Figure 3.Organization of the NHPRTR. We have designed our database and the interface page to give users a clear sense of the goals, organization and data types present. Pages include the project background (about.html), the latest updates (status.html), connections to other sites (links.html), contact information (contact.html) and the data from the NHPRTR (data.html, including md5sums). From the data page (middle), users can access the raw data or various forms of the processed data, including cleaned data, alignments (using BWA, TopHat or Magic) and assemblies (Oases, TransAbyss and Trinity). The data page will continually update as data are submitted and as work is completed.
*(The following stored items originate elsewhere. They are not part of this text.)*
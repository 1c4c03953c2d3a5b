//! A header, and where the cells of its first columns begin.

ghost use Rattle.std.specs.Prelude.{◌≡◌, ◌+◌, ℕ, IfSome, Some};
ghost use Rattle.vpf_findings.specs.Widths.{cell_width};

use std::alloc::{AllocError, Global};
use std::marker::Model;
use vpf_findings::value::cell_width;
use vpf_head::{Column, Header};
use vpf_triplet::Order;

/// A header, with the offsets of the columns before which nothing varies. Contracts see it as the header.
#[derive(Drop)]
pub(crate) struct PlacedHeader<'a> {
    header: Header<'a>,
    /// How far behind the start of a row the cell of each column begins, up to the first column whose cells vary.
    offsets: Vec<usize>,
}

impl<'a> Model for PlacedHeader<'a> {
    ghost use Rattle.vpf_head.specs.Head.{Head};

    ghost Value = { Head };

    ghost use Rattle.vpf_table.specs.Inner.PlacedHeaders.{placed_head, HasOffsets};

    ghost view = { placed_head };

    ghost invariant = { HasOffsets };
}

/// The offset behind a column at this offset, where its cells have one width and the sum fits a number.
fn past_column(column: &Column<'_>, offset: usize) -> Option<usize>
    ensures { IfSome result (λ past. (w : ℕ) × (cell_width column.now.kind column.now.count ≡ Some w) × (past ≡ offset + w)) }
{
    let width = cell_width(column.kind, column.count)?;
    offset.checked_add(width)
}

impl<'a> PlacedHeader<'a> {
    ghost use Rattle.std.specs.Prelude.{◌≡◌, ◌≤◌, ◌<◌, IfOk, Some, length, slice_get, take};
    ghost use Rattle.vpf_head.specs.Head.{varies_in};
    ghost use Rattle.vpf_head.specs.Inner.Soundness.{IsSound};
    ghost use Rattle.vpf_head.specs.Inner.Views.{col};
    ghost use Rattle.vpf_table.specs.Inner.Offsets.{AreOffsets};
    ghost use Rattle.vpf_table.specs.Inner.Widths.{width_of};

    /// How many bytes the columns before each have, up to the first column whose cells vary.
    fn offsets_of(alloc: Global, header: &Header<'_>) -> Result<Vec<usize>, AllocError>
        ensures { IfOk result (λ offsets. AreOffsets header.now.columns offsets.items) }
    {
        let mut offsets = Vec::new(alloc);
        let mut offset: usize = 0;
        for c in 0..header.len() {
            offsets.push(offset)?;
            let Some(past) = past_column(header.at(c), offset) else {
                return Ok(offsets);
            };
            offset = past;
        }
        Ok(offsets)
    }

    /// The header, with its offsets.
    pub(crate) fn new(alloc: Global, header: Header<'a>) -> Result<PlacedHeader<'a>, AllocError>
        ensures { IfOk result (λ placed. placed ≡ header.entry) }
    {
        let offsets = PlacedHeader::offsets_of(alloc, &header)?;
        Ok(PlacedHeader { header, offsets })
    }

    /// The header alone.
    pub(crate) fn header(&self) -> &Header<'a>
        ensures { result.now ≡ self.now }
    {
        &self.header
    }

    /// A column no later than `c` before which nothing varies, and how many bytes those before it have.
    pub(crate) fn placed(&self, c: usize) -> (usize, usize)
        ensures behind { result.0 ≤ c }
        ensures width { width_of (take result.0 self.now.columns) ≡ Some result.1 }
    {
        let column = c.min(self.offsets.len().saturating_sub(1));
        match self.offsets.get(column) {
            Some(width) => (column, *width),
            None => (0, 0),
        }
    }

    /// The order of the table's numbers.
    pub(crate) fn order(&self) -> Order
        ensures { result ≡ self.now.order }
    {
        self.header.order()
    }

    /// How many columns there are.
    pub(crate) fn len(&self) -> usize
        ensures value { result ≡ length self.now.columns }
        // What is true of each header.
        ensures sound { IsSound self.now }
    {
        self.header.len()
    }

    /// The column at this position, from 0.
    pub(crate) fn at(&self, c: usize) -> &Column<'a>
        requires { c < length self.now.columns }
        ensures { slice_get self.now.columns c ≡ Some (col result.now) }
    {
        self.header.at(c)
    }

    /// Whether rows may differ in length.
    pub(crate) fn varies(&self) -> bool
        ensures { result ≡ varies_in self.now.columns }
    {
        self.header.varies()
    }
}
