//! A row, seen in its file.

ghost use Rattle.std.specs.Prelude.{◌≡◌, ◌≤◌, ◌<◌, ◌+◌, Some, IsOk, length, slice_get};
ghost use Rattle.vpf_findings.specs.Values.{view};
ghost use Rattle.vpf_table.specs.Reading.{row_at};
ghost use Rattle.vpf_table.specs.Inner.RowWalks.{IsLeft};
ghost use Rattle.vpf_table.specs.Walking.{row_of};

use crate::placed_header::PlacedHeader;
use crate::walking::{sure_cell, sure_past};
use std::marker::Model;
use vpf_findings::value::Cell;
use vpf_findings::value::laws::fixed_cells;

/// A row of a table, whose cells stay in the file. Contracts see it as the list of its values.
#[derive(Drop)]
pub struct RowView<'t, 'a> {
    header: &'t PlacedHeader<'a>,
    bytes: &'a [u8],
    at: usize,
}

impl<'t, 'a> Model for RowView<'t, 'a> {
    ghost use Rattle.vpf_table.specs.Grid.{Row};

    ghost Value = { Row };

    ghost use Rattle.vpf_table.specs.Inner.RowViews.{row_cells, IsRowRead};

    ghost view = { row_cells };

    ghost invariant = { IsRowRead };
}

/// The cell in column `c` of the row that begins at `begin`, and the offset past it, where that of an earlier column, or of the same one,
/// begins at `at`.
fn cell_behind<'a>(
    header: &PlacedHeader<'_>,
    bytes: &'a [u8],
    begin: usize,
    column: usize,
    at: usize,
    c: usize,
) -> (Cell<'a>, usize)
    requires inside { at ≤ length bytes.now }
    requires row { IsOk (row_at header.now.order header.now.columns bytes.now begin) }
    requires left { IsLeft header.now.order header.now.columns bytes.now (row_at header.now.order header.now.columns bytes.now begin) column at }
    requires behind { column ≤ c }
    requires within { c < length (row_of (row_at header.now.order header.now.columns bytes.now begin)) }
    ensures cell { slice_get (row_of (row_at header.now.order header.now.columns bytes.now begin)) c ≡ Some (view result.0) }
    ensures left { IsLeft header.now.order header.now.columns bytes.now (row_at header.now.order header.now.columns bytes.now begin) (c + 1) result.1 }
    ensures inside { result.1 ≤ length bytes.now }
{
    let order = header.order();
    let mut here = at;
    for i in column..c {
        here = sure_past(order, header.at(i), bytes, here);
    }
    sure_cell(order, header.at(c), bytes, here)
}

/// A column no later than `c`, and where its cell begins in the row that begins at `begin`: no cell is looked at.
fn placed_cell(header: &PlacedHeader<'_>, bytes: &[u8], begin: usize, c: usize) -> (usize, usize)
    requires inside { begin ≤ length bytes.now }
    requires row { IsOk (row_at header.now.order header.now.columns bytes.now begin) }
    ensures behind { result.0 ≤ c }
    ensures left { IsLeft header.now.order header.now.columns bytes.now (row_at header.now.order header.now.columns bytes.now begin) result.0 result.1 }
    ensures inside { result.1 ≤ length bytes.now }
{
    fixed_cells();
    let _end = bytes.len();
    let (column, width) = header.placed(c);
    (column, begin + width)
}

impl<'t, 'a> RowView<'t, 'a> {
    ghost use Rattle.std.specs.Prelude.{◌≡◌, ◌<◌, ◌≤◌, IsOk, Some, length, slice_get};
    ghost use Rattle.vpf_table.specs.Reading.{row_at};
    ghost use Rattle.vpf_table.specs.Walking.{row_of};
    ghost use Rattle.vpf_findings.specs.Values.{view};

    /// The row that is known to begin at `at`.
    pub(crate) fn new(header: &'t PlacedHeader<'a>, bytes: &'a [u8], at: usize) -> RowView<'t, 'a>
        requires inside { at ≤ length bytes.now }
        requires read { IsOk (row_at header.now.order header.now.columns bytes.now at) }
        ensures row { result ≡ row_of (row_at header.now.order header.now.columns bytes.now at) }
        ensures width { length result ≡ length header.now.columns }
    {
        RowView { header, bytes, at }
    }

    /// The cell in column `c`, counted from 0. It is found at once where no column before it varies. Else the cells from the
    /// first that does are passed by their widths, and looked at only where their column has none.
    pub fn cell(&self, c: usize) -> Cell<'a>
        requires { c < length self.now }
        ensures { slice_get self.now c ≡ Some (view result) }
    {
        let (column, at) = placed_cell(self.header, self.bytes, self.at, c);
        cell_behind(self.header, self.bytes, self.at, column, at, c).0
    }

    /// The same row, to be asked for one cell after another.
    pub fn walk(&self) -> RowWalk<'t, 'a>
        ensures { result ≡ self.now }
    {
        RowWalk {
            header: self.header,
            bytes: self.bytes,
            begin: self.at,
            column: 0,
            at: self.at,
        }
    }

    /// The cells in the order of their columns, each decoded once.
    pub fn cells(&self) -> Cells<'t, 'a>
        ensures { result ≡ self.now }
    {
        Cells {
            header: self.header,
            bytes: self.bytes,
            at: self.at,
            column: 0,
        }
    }
}

/// A row whose cells are asked for one after another: one that stands behind the last is found from there on, and one before it from the
/// first. Contracts see it as the list of the row's values.
#[derive(Drop)]
pub struct RowWalk<'t, 'a> {
    header: &'t PlacedHeader<'a>,
    bytes: &'a [u8],
    begin: usize,
    column: usize,
    at: usize,
}

impl<'t, 'a> Model for RowWalk<'t, 'a> {
    ghost use Rattle.vpf_table.specs.Grid.{Row};

    ghost Value = { Row };

    ghost use Rattle.vpf_table.specs.Inner.RowWalks.{cells_walked, IsWalked};

    ghost view = { cells_walked };

    ghost invariant = { IsWalked };
}

impl<'t, 'a> RowWalk<'t, 'a> {
    ghost use Rattle.std.specs.Prelude.{◌≡◌, ◌<◌, Some, length, slice_get};
    ghost use Rattle.vpf_findings.specs.Values.{view};

    /// The cell in column `c`, counted from 0.
    pub fn cell(&mut self, c: usize) -> Cell<'a>
        requires { c < length self.old }
        ensures value { slice_get self.old c ≡ Some (view result) }
        ensures same { self.new ≡ self.old }
    {
        let (placed, there) = placed_cell(self.header, self.bytes, self.begin, c);
        let (column, at) = if c < self.column {
            (placed, there)
        } else if self.column < placed {
            (placed, there)
        } else {
            (self.column, self.at)
        };
        let (cell, past) = cell_behind(self.header, self.bytes, self.begin, column, at, c);
        let _columns = self.header.len();
        self.column = c + 1;
        self.at = past;
        cell
    }
}

/// The cells of a row that are left. Contracts see it as the list of their values.
#[derive(Drop)]
pub struct Cells<'t, 'a> {
    header: &'t PlacedHeader<'a>,
    bytes: &'a [u8],
    at: usize,
    column: usize,
}

impl<'t, 'a> Model for Cells<'t, 'a> {
    ghost use Rattle.vpf_table.specs.Grid.{Row};

    ghost Value = { Row };

    ghost use Rattle.vpf_table.specs.Inner.CellsLeft.{cells_left, AreCellsRead};

    ghost view = { cells_left };

    ghost invariant = { AreCellsRead };
}

impl<'t, 'a> Iterator for Cells<'t, 'a> {
    ghost use Rattle.std.specs.Iterator.{YieldsFirstBy, item_count};
    ghost use Rattle.vpf_findings.specs.Values.{view};

    type Item = Cell<'a>;

    ghost next_gives = { YieldsFirstBy view (λ s. s) };

    ghost remaining = { item_count (λ s. s) };

    fn next(&mut self) -> Option<Cell<'a>> {
        if self.column >= self.header.len() {
            return None;
        }
        let column = self.header.at(self.column);
        let (cell, past) = sure_cell(self.header.order(), column, self.bytes, self.at);
        self.at = past;
        self.column += 1;
        Some(cell)
    }
}
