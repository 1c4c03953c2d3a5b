//! Walking over cells and rows.

ghost use Rattle.std.specs.Prelude.{◌≡◌, ◌≤◌, ◌<◌, ◌^◌, ℕ, IsOk, Ok, Some, IfOk, IfSome, length};
ghost use Rattle.vpf_findings.specs.Values.{view};
ghost use Rattle.vpf_head.specs.Inner.Views.{col};
ghost use Rattle.vpf_table.specs.Reading.{cell_in, row_at};
ghost use Rattle.vpf_table.specs.Walking.{end_of, past_of};
ghost use Rattle.vpf_table.specs.Inner.Widths.{width_of};

use crate::placed_header::PlacedHeader;
use vpf_findings::value::laws::fixed_cells;
use vpf_findings::value::{Cell, cell_at, cell_width};
use vpf_head::Column;
use vpf_triplet::{Order, Place};

fn skip_cell(order: Order, column: &Column<'_>, bytes: &[u8], at: usize) -> Result<usize, Place>
    requires { at ≤ length bytes.now }
    ensures exact { result ≡ end_of (cell_in order (col column.now) bytes.now at) }
    ensures inside { IfOk result (λ past. past ≤ length bytes.now) }
{
    let (_, past) = cell_at(order, column.kind, column.count, bytes, at)?;
    Ok(past)
}

/// Where the row that begins at `at` ends, or its first cell that isn't spelled.
pub fn skip_row(header: &PlacedHeader<'_>, bytes: &[u8], at: usize) -> Result<usize, Place>
    requires { at ≤ length bytes.now }
    ensures exact { result ≡ end_of (row_at header.now.order header.now.columns bytes.now at) }
    ensures inside { IfOk result (λ past. past ≤ length bytes.now) }
{
    let order = header.order();
    let mut here = at;
    for i in 0..header.len() {
        let past = skip_cell(order, header.at(i), bytes, here)?;
        here = past;
    }
    Ok(here)
}

/// The cell that is known to begin at `at`, and the offset past it.
pub fn sure_cell<'a>(
    order: Order,
    column: &Column<'_>,
    bytes: &'a [u8],
    at: usize,
) -> (Cell<'a>, usize)
    requires inside { at ≤ length bytes.now }
    requires read { IsOk (cell_in order (col column.now) bytes.now at) }
    ensures exact { cell_in order (col column.now) bytes.now at ≡ Ok (view result.0, result.1) }
    ensures inside { result.1 ≤ length bytes.now }
{
    match cell_at(order, column.kind, column.count, bytes, at) {
        Ok(found) => found,
        Err(_) => unreachable!(),
    }
}

/// Where the cell that is known to begin at `at` ends: by its width where its column has one.
pub fn sure_past(order: Order, column: &Column<'_>, bytes: &[u8], at: usize) -> usize
    requires inside { at ≤ length bytes.now }
    requires read { IsOk (cell_in order (col column.now) bytes.now at) }
    ensures exact { end_of (cell_in order (col column.now) bytes.now at) ≡ Ok result }
    ensures inside { result ≤ length bytes.now }
{
    fixed_cells();
    let _end = bytes.len();
    match cell_width(column.kind, column.count) {
        Some(width) => at + width,
        None => sure_cell(order, column, bytes, at).1,
    }
}

/// The end of the row that is known to begin at `at`.
pub fn sure_end(header: &PlacedHeader<'_>, bytes: &[u8], at: usize) -> usize
    requires inside { at ≤ length bytes.now }
    requires read { IsOk (row_at header.now.order header.now.columns bytes.now at) }
    ensures value { result ≡ past_of (row_at header.now.order header.now.columns bytes.now at) }
    ensures after { at ≤ result }
    ensures inside { result ≤ length bytes.now }
{
    let order = header.order();
    let mut here = at;
    for i in 0..header.len() {
        here = sure_past(order, header.at(i), bytes, here);
    }
    here
}

/// The end of the row that is known to begin at `at`, by the width of the rows where they have one.
pub fn next_row(header: &PlacedHeader<'_>, bytes: &[u8], at: usize, width: Option<usize>) -> usize
    requires inside { at ≤ length bytes.now }
    requires read { IsOk (row_at header.now.order header.now.columns bytes.now at) }
    requires fixed { IfSome width (λ w. width_of header.now.columns ≡ Some w) }
    ensures value { result ≡ past_of (row_at header.now.order header.now.columns bytes.now at) }
    ensures after { at ≤ result }
    ensures inside { result ≤ length bytes.now }
{
    fixed_cells();
    let _end = bytes.len();
    match width {
        Some(width) => at + width,
        None => sure_end(header, bytes, at),
    }
}

/// How many bytes each row has, where that is the same for all and fits a number.
pub fn row_width(header: &PlacedHeader<'_>) -> Option<usize>
    ensures found { IfSome result (λ w. width_of header.now.columns ≡ Some w) }
    ensures known { (w : ℕ) → width_of header.now.columns ≡ Some w → w < 2 ^ 64 → result ≡ Some w }
{
    let mut sum: usize = 0;
    for i in 0..header.len() {
        let column = header.at(i);
        let width = cell_width(column.kind, column.count)?;
        sum = sum.checked_add(width)?;
    }
    Some(sum)
}
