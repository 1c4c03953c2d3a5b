//! Rows as bytes: those of one width, and how many bytes rows have at most.

ghost use Rattle.std.specs.Prelude.{◌≡◌, ◌≤◌, ◌<◌, ℕ, All, false, IfSome, IsOk, IsSome, Some, length};
ghost use Rattle.vpf_base.specs.Limits.{most_rows};
ghost use Rattle.vpf_base.specs.declared.orders.Order.{Order};
ghost use Rattle.vpf_head.specs.Head.{varies_in};
ghost use Rattle.vpf_table.specs.Canonical.{FitsRow, rows_text};
ghost use Rattle.vpf_table.specs.Reading.{rows_at};
ghost use Rattle.vpf_table.specs.Walking.{rows_of};
ghost use Rattle.vpf_table.specs.Inner.Widths.{width_of};

use crate::laws::cells_and_headers;
use crate::placed_header::PlacedHeader;
use vpf_findings::value::laws::{fitting_is_written, spelled_fits};

/// Rows that have one width, as they lie in their file.
#[derive(Clone, Copy)]
pub struct FixedRows<'a> {
    /// How many bytes each row has.
    pub width: usize,
    /// All rows, one after another.
    pub bytes: &'a [u8],
}

/// No fewer bytes than the rows from `at` on have in canonical spelling, which is the shortest.
pub fn most_len(header: &PlacedHeader<'_>, bytes: &[u8], at: usize) -> usize
    requires inside { at ≤ length bytes.now }
    requires read { IsOk (rows_at most_rows header.now.order header.now.columns bytes.now at) }
    ensures { (order : Order) → length (rows_text order header.now.columns (rows_of
        (rows_at most_rows header.now.order header.now.columns bytes.now at))) ≤ result }
{
    cells_and_headers();
    fitting_is_written();
    bytes.len() - at
}

/// The rows from `at` on where they have one width, of some bytes: they stand there in their canonical spelling.
pub fn fixed_rows<'a>(
    header: &PlacedHeader<'_>,
    bytes: &'a [u8],
    at: usize,
    width: Option<usize>,
) -> Option<FixedRows<'a>>
    requires inside { at ≤ length bytes.now }
    requires read { IsOk (rows_at most_rows header.now.order header.now.columns bytes.now at) }
    requires fixed { IfSome width (λ w. width_of header.now.columns ≡ Some w) }
    ensures known { (w : ℕ) → width ≡ Some w → 0 < w → varies_in header.now.columns ≡ false → IsSome result }
    ensures some { IfSome result (λ rows. 0 < rows.width) }
    ensures width { IfSome result (λ rows. width_of header.now.columns ≡ Some rows.width) }
    ensures alike { IfSome result (λ rows. varies_in header.now.columns ≡ false) }
    ensures bytes { IfSome result (λ rows. rows.bytes.now
        ≡ rows_text header.now.order header.now.columns (rows_of (rows_at most_rows header.now.order header.now.columns bytes.now at))) }
    ensures fits { IfSome result (λ rows. All (FitsRow header.now.columns) (rows_of (rows_at most_rows header.now.order header.now.columns bytes.now at))) }
{
    cells_and_headers();
    fitting_is_written();
    spelled_fits();
    // What is true of each header.
    let _columns = header.len();
    let width = width?;
    if width == 0 || header.varies() {
        return None;
    }
    Some(FixedRows {
        width,
        bytes: &bytes[at..],
    })
}
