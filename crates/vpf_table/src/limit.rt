//! Bounds.

use std::fmt;
use vpf_triplet::Code;

/// Which bound is passed.
#[derive(Clone, Copy, Debug, PartialEq, Eq)]
pub enum Bound {
    /// The bytes of a file.
    File,
    /// The bytes of all files of a run.
    Loaded,
    /// The bytes of a header text.
    Header,
    /// The columns of a table.
    Columns,
    /// The bytes of a name.
    Name,
    /// The rows of a table.
    Rows,
    /// The rows of the table of tiles.
    Tiles,
}

impl fmt::Display for Bound {
    ghost use Rattle.std.specs.Prelude.{Some};
    ghost use Rattle.vpf_table.specs.Limits.{bound_text};

    ghost output = { λ bound. Some (bound_text bound) };

    fn fmt<W: fmt::Write>(&self, f: &mut fmt::Formatter<W>) -> fmt::Result {
        f.write_str(match self {
            Bound::File => "file",
            Bound::Loaded => "loaded",
            Bound::Header => "header",
            Bound::Columns => "columns",
            Bound::Name => "name",
            Bound::Rows => "rows",
            Bound::Tiles => "tiles",
        })
    }
}

/// A bound that is passed, and the number that passed it.
#[derive(Clone, Copy, Debug, PartialEq, Eq)]
pub struct Limit {
    /// The bound.
    pub what: Bound,
    /// The number.
    pub found: u64,
}

impl Limit {
    ghost use Rattle.std.specs.Prelude.{◌≡◌};
    ghost use Rattle.vpf_table.specs.Limits.{limit_of};

    /// The limit that a code tells, where it tells one.
    pub fn of_code(code: Code) -> Option<Limit>
        ensures { result ≡ limit_of code }
    {
        match code {
            Code::LimitHeader(found) => Some(Limit {
                what: Bound::Header,
                found,
            }),
            Code::LimitColumns(found) => Some(Limit {
                what: Bound::Columns,
                found,
            }),
            Code::LimitName(found) => Some(Limit {
                what: Bound::Name,
                found,
            }),
            Code::LimitRows(found) => Some(Limit {
                what: Bound::Rows,
                found,
            }),
            _ => None,
        }
    }
}

impl fmt::Display for Limit {
    ghost use Rattle.std.specs.Prelude.{Some};
    ghost use Rattle.vpf_table.specs.Limits.{passed_text};

    ghost output = { λ limit. Some (passed_text limit) };

    fn fmt<W: fmt::Write>(&self, f: &mut fmt::Formatter<W>) -> fmt::Result {
        let Limit { what, found } = *self;
        write!(f, "{what} {found}")
    }
}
Figure 4.Browsable tracks. (A) We used BWA aligner to create cross-species maps of expression, based on the alignment to orthologous sequences of the human genome. Here we show the three library preparation methods (TOT, UDG, RNA), with one in each track for seven species. (B) The insert shows how the Total RNA preparation method (middle expression track) can more readily discern non-poly-adenylated genes, such as the histone genes.